Jan 2, 2013

A Short Note on Threat Evaluation


  The media is seemingly constantly awash with stories of dread; from the 'fiscal cliff' to the 'debt crisis' to various acts of violence and political turmoil we seem to be inundated with threats. Leaders of democracies, self-appointed intellectuals, and various flavors of activists seem to be constantly 'doing something' about these threats.
But very little seems to change over time. Despite the sweat, treasure, tears, and blood spilled over these issues we seem to be frozen in a sort of status quo in many critical areas.
This is because of a critical error made at the very beginning; a failure of threat evaluation. By this I mean, bluntly, that the vast majority of people in positions of influence are too trapped within their paradigm to properly evaluate threats to society, leading them to vast amounts of waste.

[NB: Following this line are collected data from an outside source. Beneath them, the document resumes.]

// A shell's record by value: one point more, one triangle more.

#![tactic(auto)]

ghost use Rattle.std.specs.Prelude.{◌≡◌, true, cond, eqb, ◌+◌, ◌*◌, ◌<◌, ◌≤◌, min, max, length, get_or};
ghost use Rattle.grid.specs.Limits.{most_points};
ghost use Rattle.mesh.specs.Mesh.{triangle_count, triangle_at};
ghost use Rattle.mesh.specs.Place.{place_of};
ghost use Rattle.mesh.specs.Check.{triangles_fit};
ghost use Rattle.shellnumbers.specs.Numbering.{number_of};
ghost use Rattle.records.specs.Record.{sixfold as sixfoldOf};
ghost use Rattle.records.specs.Grown.{none, widened, with_point, with_triangle, PointFits, TriangleFits, MeshFits};

pub mod volume;

#[repr(C)]
#[derive(Clone, Copy)]
pub struct Shell {
    pub low: u32,
    pub points: u32,
    pub triangles: u32,
    pub touches: u32,
    pub volume: i64,
    pub least_x: u32,
    pub greatest_x: u32,
    pub least_y: u32,
    pub greatest_y: u32,
    pub least_z: u32,
    pub greatest_z: u32,
}

// A record with nothing in it.
pub fn blank() -> Shell
    ensures { result ≡ none }
{
    Shell {
        low: 0,
        points: 0,
        triangles: 0,
        touches: 0,
        volume: 0,
        least_x: 0,
        greatest_x: 0,
        least_y: 0,
        greatest_y: 0,
        least_z: 0,
        greatest_z: 0,
    }
}

// The shell number of point i.
pub fn number_at(numbers: &[u32], i: usize) -> usize
    requires { i < length numbers.now }
    ensures { result ≡ number_of numbers.now i }
{
    numbers[i] as usize
}

// The lowest of a shell's points: the first one that is added.
fn lowest(points: u32, low: u32, i: usize) -> u32
    requires { i < most_points }
    ensures { result ≡ cond (eqb points 0) i low }
{
    if points == 0 { i as u32 } else { low }
}

// 1 once a marked point was added.
fn touched(mark: u8, touches: u32) -> u32
    ensures { result ≡ cond (eqb mark 1) 1 touches }
{
    if mark == 1 { 1 } else { touches }
}

// The least coordinate along an axis, with one point more, which stands at x: the first point sets it.
fn least(points: u32, had: u32, x: u32) -> u32
    ensures { result ≡ widened points min had x }
{
    if points == 0 { x } else { had.min(x) }
}

// The greatest, likewise. One function for both is no plainer: each of its six calls would have to say which of min and max it means.
fn greatest(points: u32, had: u32, x: u32) -> u32
    ensures { result ≡ widened points max had x }
{
    if points == 0 { x } else { had.max(x) }
}

// One point more, by value.
pub fn with_point(s: Shell, points: &[u32], marks: &[u8], i: usize) -> Shell
    requires { PointFits s × (3 * i + 2 < length points.now) × (i < length marks.now) × (length marks.now ≤ most_points) }
    ensures { result ≡ with_point i (place_of points.now i) (get_or marks.now i 0) s }
{
    let at = mesh::place_of(points, i);
    Shell {
        low: lowest(s.points, s.low, i),
        points: s.points + 1,
        touches: touched(marks[i], s.touches),
        least_x: least(s.points, s.least_x, at.x),
        greatest_x: greatest(s.points, s.greatest_x, at.x),
        least_y: least(s.points, s.least_y, at.y),
        greatest_y: greatest(s.points, s.greatest_y, at.y),
        least_z: least(s.points, s.least_z, at.z),
        greatest_z: greatest(s.points, s.greatest_z, at.z),
        ..s
    }
}

// One triangle more, by value.
pub fn with_triangle(s: Shell, points: &[u32], triangles: &[u32], k: usize) -> Shell
    requires { TriangleFits (sixfoldOf points.now (triangle_at triangles.now k)) s × MeshFits points.now triangles.now × (k < triangle_count triangles.now) }
    ensures { result ≡ with_triangle (sixfoldOf points.now (triangle_at triangles.now k)) s }
{
    let volume = laws::signed::sum(s.volume, volume::sixfold(points, triangles, k));
    Shell {
        triangles: s.triangles + 1,
        volume,
        ..s
    }
}

// The shell number of triangle k: that of its first corner.
pub fn number_of(numbers: &[u32], triangles: &[u32], k: usize) -> usize
    requires { (triangles_fit triangles.now (length numbers.now) ≡ true) × (k < triangle_count triangles.now) }
    ensures { result ≡ number_of numbers.now (triangle_at triangles.now k).one }
{
    number_at(numbers, triangles[3 * k] as usize)
}
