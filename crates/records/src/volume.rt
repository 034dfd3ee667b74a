// The determinant of a triangle's three points as rows: six times the volume between the triangle and the origin.
ghost use Rattle.std.specs.Prelude.{◌≡◌, ◌*◌, ◌<◌, ◌≤◌};
ghost use Rattle.std.specs.Int.{w64};
ghost use Rattle.std.proofs.Common.{SFits};
ghost use Rattle.grid.specs.Limits.{most_coordinate};
ghost use Rattle.mesh.specs.Mesh.{triangle_count, triangle_at};
ghost use Rattle.mesh.specs.Place.{Near};
ghost use Rattle.records.specs.Record.{diagonals as diagonalsOf, sixfold as sixfoldOf};
ghost use Rattle.records.specs.Grown.{MeshFits, most_product};

use grid::limits::{MOST_COORDINATE, MOST_TRIANGLES};
use mesh::Place;

// The greatest product of three coordinates, and what no shell's volume is larger than in size: specs/Grown.antt has both.
pub const MOST_PRODUCT: u64 = (MOST_COORDINATE as u64)
    * (MOST_COORDINATE as u64)
    * (MOST_COORDINATE as u64);

pub const MOST_VOLUME: u64 = 2 * (MOST_TRIANGLES as u64) * MOST_PRODUCT;

// The product of three coordinates.
fn product(a: u32, b: u32, c: u32) -> u64
    requires { (a ≤ most_coordinate) × (b ≤ most_coordinate) × (c ≤ most_coordinate) }
    ensures { (result ≡ a * b * c) × (result ≤ most_product) }
{
    (a as u64) * (b as u64) * (c as u64)
}

// Three points as rows: the products along the three diagonals that go down to the right.
#[tactic(auto, unfolding(crate::specs::Record::diagonals))]
pub fn diagonals(a: Place, b: Place, c: Place) -> u64
    requires near { Near a }
    requires near_2 { Near b }
    requires near_3 { Near c }
    ensures { result ≡ diagonalsOf a b c }
{
    product(a.x, b.y, c.z) + product(a.y, b.z, c.x) + product(a.z, b.x, c.y)
}

// The determinant of triangle k's three points as rows.
pub fn sixfold(points: &[u32], triangles: &[u32], k: usize) -> i64
    requires mesh_fits { MeshFits points.now triangles.now }
    requires k_bound { k < triangle_count triangles.now }
    ensures value { result ≡ sixfoldOf points.now (triangle_at triangles.now k) }
    ensures sfits { SFits w64 result }
{
    let at = 3 * k;
    let a = mesh::place_of(points, triangles[at] as usize);
    let b = mesh::place_of(points, triangles[at + 1] as usize);
    let c = mesh::place_of(points, triangles[at + 2] as usize);
    laws::signed::excess(diagonals(a, b, c), diagonals(c, b, a))
}
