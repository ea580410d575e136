// What bytes come from.
ghost use Rattle.std.specs.Prelude.{◌≡◌, ℕ, ◌<◌, ◌≤◌, ◌^◌, List, [], ◌++◌, length, take, IfOk, OnErr};
ghost use Rattle.msp_io.specs.Faults.{Rose};
ghost use Rattle.msp_io.specs.Sources.{KeepsLaws, MeetsEnd, TellsEnd};
ghost use Rattle.msp_io.specs.Views.{SourceView};

/// A read or a write did not succeed, and moved no byte.
#[derive(Clone, Copy, PartialEq, Eq)]
pub struct Failed;

/// A source of bytes.
pub trait Source {
    /// The bytes still to come, how many were given, and how often the source has failed.
    ghost seen: { Self → SourceView };

    /// From the one moment to the other the source gave these bytes, and no others, by reads that did not meet the end or fail.
    ghost gave: { Self → Self → List ℕ → Type 0 };

    /// From the one moment to the other the source gave these bytes, and the last read, and no other, met the end.
    ghost finished: { Self → Self → List ℕ → Type 0 };

    /// From the one moment to the other the source gave these bytes, and then a read failed.
    ghost broke: { Self → Self → List ℕ → Type 0 };

    /// Writes bytes to the front of `into`, and returns how many.
    ///
    /// A count of 0 for a slice that is not empty is the end of the input.
    ///
    /// # Errors
    ///
    /// `Failed` comes only where the count of faults rose in this call. It takes no byte,
    /// and a later call may succeed.
    fn read(&mut self, into: &mut [u8]) -> Result<usize, Failed>
        ensures count { IfOk result (λ n. n ≤ length into.old) }
        // The bytes in front are those that were given.
        ensures taken { IfOk result (λ n. ¬ MeetsEnd (length into.old) n → gave self.old self.new (take n into.new)) }
        ensures end { IfOk result (λ n. 0 < length into.old → TellsEnd (seen self.old).left (seen self.new).left n) }
        ensures last { IfOk result (λ n. MeetsEnd (length into.old) n → finished self.old self.new []) }

        ensures failed { OnErr result (Rose (seen self.old).faults (seen self.new).faults) }
        ensures broken { OnErr result (broke self.old self.new []) }
        ensures faults { (seen self.old).faults ≤ (seen self.new).faults };

    /// The count is a number of 64 bits.
    ghost fits: { (s : Self) → (seen s).faults < 2 ^ 64 };

    /// Nothing is given without a call, what several calls gave is joined up to the end or a failure and not beyond, and what is
    /// seen of the source moves with it.
    ghost lawful: { KeepsLaws seen gave finished broke };
}
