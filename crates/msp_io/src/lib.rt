//! Sources and sinks of bytes, and the two calls that read and write a whole text through them.
//!
//! A source or a sink answers `Failed` only where its count of faults rose in the call, so a caller can prove
//! which answers of its own came from outside. In memory each call is exact: which calls fail, how many bytes
//! move, and which. Over std's readers and writers the adapters count the bytes that pass, and what went wrong.
//!
//! The crate stands on std alone. The layer above uses the contracts of the traits `Source` and `Sink`
//! and of `read_all` and `write_all`: nothing is read behind the first end or behind a failure, nothing is
//! written behind a failure, what passed before is named, and a fault comes only where a count rose.
#![tactic(auto)]

mod laws;
mod memory_sink;
mod memory_source;
mod sink;
mod source;
mod std_io;
mod whole;

pub use laws::law_of_limits;
pub use memory_sink::{MemorySink, NoMemory, SureSink};
pub use memory_source::{MemorySource, SureSource};
pub use sink::Sink;
pub use source::{Failed, Source};
pub use std_io::{StdSink, StdSource};
pub use whole::{GREATEST_LIMIT, Taken, WriteFault, read_all, write_all};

The result is true threats are ignored and solving phantom threats produces phantom results.
Here is a blunt example of what I mean.

A Stone Age tribe is wandering near the edge of their territory when they encounter a group of strangers. These strangers seem much life the tribe; they wear face paint (although the patterns are different) and matching clothing and are armed with spears or clubs. The leader of the tribe counts only 6 strangers, as opposed to the 9 tribesmen with him. The man he thinks leads the strangers is armed with a club, like the chief, as a sign of authority.
Thw chief evaluates the strangers as a possible threat. While they are fewer in number, the strangers are taller and broader than the tribesmen, which could be a factor. The strangers' spears have unusual points – their spear points are very long and serrated along one edge; they would inflict terrible wounds! And their spears are short and heavy, obviously designed for the big strangers to use them as clubs as well as thrusting weapons.

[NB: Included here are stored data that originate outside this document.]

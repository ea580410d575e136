// Sources over bytes in memory.
ghost use Rattle.std.specs.Prelude.{◌≡◌, ◌↔◌, ◌<◌, ◌≤◌, ◌++◌, [], Some, Ok, length, take, drop, min, vec_len, IsErr, IfOk, OnErr};
ghost use Rattle.msp_io.specs.Faults.{one_more, in_64_bits-fits};
ghost use Rattle.msp_io.specs.Lawful.{source_laws};
ghost use Rattle.msp_io.specs.Memory.{SourceState, SureState, FailsNext, source_view, sure_view};
ghost use Rattle.msp_io.specs.Sources.{Gives, GivesAll, GivesAndFails, MeetsEnd};

use crate::{Failed, Source};
use std::marker::Model;

// Copies from the front of `from` to the front of `into`: as many bytes as both have, and at most `step`.
fn copy_front(from: &[u8], step: u32, into: &mut [u8]) -> usize
    ensures count { result ≡ min (min step (length into.old)) (length from.now) }
    ensures copied { into.new ≡ take result from.now ++ drop result into.old }
    ensures taken { from.now ≡ take result into.new ++ drop result from.now }
{
    let count = (step as usize).min(into.len()).min(from.len());
    into[..count].copy_from_slice(&from[..count]);
    count
}

/// A source over bytes in memory that never fails.
#[derive(Drop)]
pub struct SureSource {
    bytes: Vec<u8>,
    at: usize,
    step: u32,
}

impl Model for SureSource {
    ghost Value = { SureState };

    ghost view = { λ s. record { bytes = drop s.at s.bytes.items; step = s.step } };

    ghost invariant = { λ s. (s.at ≤ vec_len s.bytes) × (0 < s.step) };
}

impl SureSource {
    /// A source of `bytes` that gives at most `step` bytes per call.
    pub fn new(bytes: Vec<u8>, step: u32) -> SureSource
        requires { 0 < step }
        ensures { result ≡ record { bytes = bytes.items; step = step } }
    {
        SureSource { bytes, at: 0, step }
    }
}

impl Source for SureSource {
    ghost seen = { sure_view };

    ghost gave = { λ s t bytes. Gives (sure_view s) (sure_view t) bytes };

    ghost finished = { λ s t bytes. GivesAll (sure_view s) (sure_view t) bytes };

    ghost broke = { λ s t bytes. GivesAndFails (sure_view s) (sure_view t) bytes };

    ghost fits = { λ _. in_64_bits-fits 0 };

    ghost lawful = { source_laws sure_view (λ _. tt) };

    fn read(&mut self, into: &mut [u8]) -> Result<usize, Failed>
        ensures exact { result ≡ Ok (min (min self.old.step (length into.old)) (length self.old.bytes)) }
        ensures given { IfOk result (λ n. into.new ≡ take n self.old.bytes ++ drop n into.old) }
        ensures rest { IfOk result (λ n. self.new ≡ record self.old { bytes = drop n self.old.bytes }) }

        // What every source ensures.
        ensures taken { IfOk result (λ n. self.old.bytes ≡ take n into.new ++ self.new.bytes) }
        ensures end { IfOk result (λ n. 0 < length into.old → ((n ≡ 0) ↔ (self.old.bytes ≡ []))) }
    {
        let count = copy_front(&self.bytes[self.at..], self.step, into);
        self.at += count;
        Ok(count)
    }
}

/// A source over bytes in memory that gives a few at a time and fails at chosen calls.
#[derive(Drop)]
pub struct MemorySource {
    source: SureSource,
    fails: Vec<u64>,
    calls: u64,
    faults: u64,
}

impl Model for MemorySource {
    ghost Value = { SourceState };

    ghost view = { λ s. record {
      bytes = s.source.bytes;
      step = s.source.step;
      fails = s.fails.items;
      calls = s.calls;
      faults = s.faults;
    } };
}

impl MemorySource {
    /// A source of `bytes` that gives at most `step` bytes per call. Calls are numbered from 1, and a call whose
    /// number is in `fails` fails. The number stays at 2^64 - 1 once it is there.
    pub fn new(bytes: Vec<u8>, step: u32, fails: Vec<u64>) -> MemorySource
        requires { 0 < step }
        ensures { result ≡ record { bytes = bytes.items; step = step; fails = fails.items; calls = 0; faults = 0 } }
    {
        MemorySource {
            source: SureSource::new(bytes, step),
            fails,
            calls: 0,
            faults: 0,
        }
    }
}

impl Source for MemorySource {
    ghost seen = { source_view };

    ghost gave = { λ s t bytes. Gives (source_view s) (source_view t) bytes };

    ghost finished = { λ s t bytes. GivesAll (source_view s) (source_view t) bytes };

    ghost broke = { λ s t bytes. GivesAndFails (source_view s) (source_view t) bytes };

    ghost fits = { λ s. in_64_bits-fits s.faults };

    ghost lawful = { source_laws source_view (λ _. tt) };

    fn read(&mut self, into: &mut [u8]) -> Result<usize, Failed>
        // Exactly the calls in `fails` fail, and change nothing but the numbers.
        ensures fails { IsErr result ↔ FailsNext self.old.fails self.old.calls }
        ensures failing { OnErr result (self.new ≡ record self.old {
          calls = one_more self.old.calls;
          faults = one_more self.old.faults;
        }) }
        ensures untouched { OnErr result (into.new ≡ into.old) }

        // The other calls give as many bytes as step, slice and source allow.
        ensures exact { IfOk result (λ n. n ≡ min (min self.old.step (length into.old)) (length self.old.bytes)) }
        ensures given { IfOk result (λ n. into.new ≡ take n self.old.bytes ++ drop n into.old) }
        ensures rest { IfOk result (λ n. self.new ≡ record self.old {
          bytes = drop n self.old.bytes;
          calls = one_more self.old.calls;
        }) }

        // What every source ensures.
        ensures taken { IfOk result (λ n. self.old.bytes ≡ take n into.new ++ self.new.bytes) }
        ensures end { IfOk result (λ n. 0 < length into.old → ((n ≡ 0) ↔ (self.old.bytes ≡ []))) }
    {
        self.calls = self.calls.saturating_add(1);
        if self.fails.contains(&self.calls) {
            self.faults = self.faults.saturating_add(1);
            return Err(Failed);
        }
        self.source.read(into)
    }
}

But his tribesmen have long spears designed to thrust or to throw – they will be able to keep the bigger strangers at bay. And each tribesman carried two spears – they can throw one, killing or crippling a few , and then surround the rest easily. The chief also looks at his own two-handed war club, a massive weapon inlaid with sharp stones. The leader of the strangers has only a small hand club, more a symbol of leadership than a weapon!
His threat evaluation over, the chief strides forward confidently, ready to cow the strangers and, if necessary, destroy them.
But the leader of the strangers is also evaluating the situation. His squad of Royal Marines has bayonets fixed and full clips in their assault rifles. He has his 9mm pistol out, just in case. He looks at the 10 men his squad stumbled upon with their primitive speaks and no body armor and strides forward confidently....
Trapped within his paradigm, the chieftain is evaluating the wrong threat. Indeed, he cannot even begin to understand what threats he is facing.
Many leaders of the world, self-described intellectuals, journalists, and policy makers are in similar positions; so caught up within their own paradigm that they cannot grasp the true dangers staring them in the face. Between a false dichotomy of Left and Right, a rejection of objective morality, the belief that certain facts are merely 'social constructs', and the various national and regional concepts (such as Americans thinking Libertarians are conservative) this blindness to true threats is, perhaps, inevitable.
This is why Edan is sometimes slow to respond, or takes a seemingly contrarian position (or no position). We must focus on real threats and on understanding what they are and where they are coming from.